Here, the use of deadly force was not required or authorized by statute. Therefore, Petitioner's counsel would have no reason to request an instruction on defense of property or a modification of the verdict director. The Court thus finds that the state court did not unreasonably apply Strickland in finding that counsel's performance was not deficient and that Petitioner was not prejudiced. See Carroll v. Schriro, 243 F.3d 1097, 1103 (8th Cir. 2001) (finding that state court did not unreasonably applyStrickland where there was ample evidence against the defendant and an optional paragraph in the instructions would not have changed the outcome).
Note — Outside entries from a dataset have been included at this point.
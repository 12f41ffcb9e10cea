//! Partial results over pieces of an input, and the groups of the whole.
//!
//! A result is made of each piece apart, in any order and on any thread; results are merged in any
//! order, and finished.
#![tactic(auto)]

mod contents;
mod fold;
mod groups;
mod job;
mod laws;
mod merge;
mod numbers;
mod partial;
mod piece_refusals;
mod refusals;
mod roll;
mod rows;
mod shape;

pub use contents::PartialContents;
pub use group_tables::{Cell, Executor, Group, HashSeed, Parallel, Serial};
pub use groups::Groups;
pub use job::{Job, JobBy};
pub use laws::{
    contents_law, job_law, members_law, monoid_law, one_piece_law, order_law, pieces_law,
    records_law, sound_law,
};
pub use partial::Partial;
In addition, contrary to Petitioner's assertion in his Traverse, he is not entitled to an evidentiary hearing. Osborne v. Purkett, 411 F.3d 911, 915 (8th Cir. 2005). Petitioner's claim of ineffective assistance of counsel will therefore be denied.
Accordingly,
IT IS HEREBY ORDERED that the petition of Joseph Kearns for a writ of habeas corpus pursuant to 28 U.S.C. § 2254 be DISMISSED without further proceedings.